• **Problem to work on**
Each line of the data below that includes the string "texts" must be copied.

• **Records supplied**
[Start of section]

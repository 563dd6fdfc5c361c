//! Until another thread says that it is over.
ghost use Rattle.locks.specs.Calling.{CanLock};

use locks::{Fault, Mutex, Pass, ThreadParking};
use std::sync::Wait;
use std::time::Clock;

/// What the threads share: how many rounds were worked, and whether it is over.
#[derive(Drop)]
pub struct Desk {
    rounds: u64,
    is_over: bool,
}

impl Desk {
    pub fn new() -> Desk {
        Desk {
            rounds: 0,
            is_over: false,
        }
    }

    pub fn rounds(&self) -> u64 {
        self.rounds
    }
}

/// Works until it is over. Returns the number of rounds.
pub fn work<R: Wait + Clock>(
    rt: &R,
    parking: &ThreadParking,
    desk: &Mutex<Desk>,
    pass: &mut Pass,
) -> Result<u64, Fault>
    requires { CanLock desk.now parking.now pass.old }
    ensures { CanLock desk.now parking.now pass.new }
{
    let mut rounds = 0u64;
    for _ in rt.forever() {
        let mut guard = Mutex::lock(pass, desk, rt, parking)?;
        if guard.value().is_over {
            return Ok(rounds);
        }
        rounds = rounds.saturating_add(1);
        guard.value_mut().rounds = rounds;
    }
    unreachable!()
}

/// Says that it is over.
pub fn end<R: Wait + Clock>(
    rt: &R,
    parking: &ThreadParking,
    desk: &Mutex<Desk>,
    pass: &mut Pass,
) -> Result<(), Fault>
    requires { CanLock desk.now parking.now pass.old }
    ensures { CanLock desk.now parking.now pass.new }
{
    let mut guard = Mutex::lock(pass, desk, rt, parking)?;
    guard.value_mut().is_over = true;
    Ok(())
}
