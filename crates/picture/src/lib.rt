//! The pictures of a history, as the texts of SVG 1.1 documents.
//!
//! [`svg_text`](document::svg_text) draws each entry of a [`Picture`](picture::Picture), which is the result
//! of `drawing` with the header and the range of entries that are shown.
//! [`overview_text`](columns::overview_text) sums a long history up in columns. Both have the same rows,
//! scale and head.
//!
//! No contract says where a bar stands: the cases of the repository compare whole pictures, and other checks
//! count again what a picture shows. A picture fails only if memory is lacking. Positions are sums that stop
//! at the greatest number; no history comes near it.
//!
//! A user's only texts in a picture are the names that were given to seats and conditions ([`naming`]). They
//! stand between tags, and are escaped: `escaping` alone writes them. All other words are this crate's, those of
//! `explaining`, the header's own spelling or a history text's, and all else is digits. None of these has a `<`,
//! a `&` or a quote.
#![tactic(auto)]

mod bars;
pub mod columns;
mod curve;
pub mod document;
mod escaping;
mod grid;
mod head;
mod looks;
mod marks;
pub mod naming;
pub mod picture;
mod pieces;
mod range;
mod rows;
mod sheet;
mod titles;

[End of section]

• **Solution to this problem**
//! The pictures of a history, as the texts of SVG 1.1 documents.
//! A user's only texts in a picture are the names that were given to seats and conditions ([`naming`]). They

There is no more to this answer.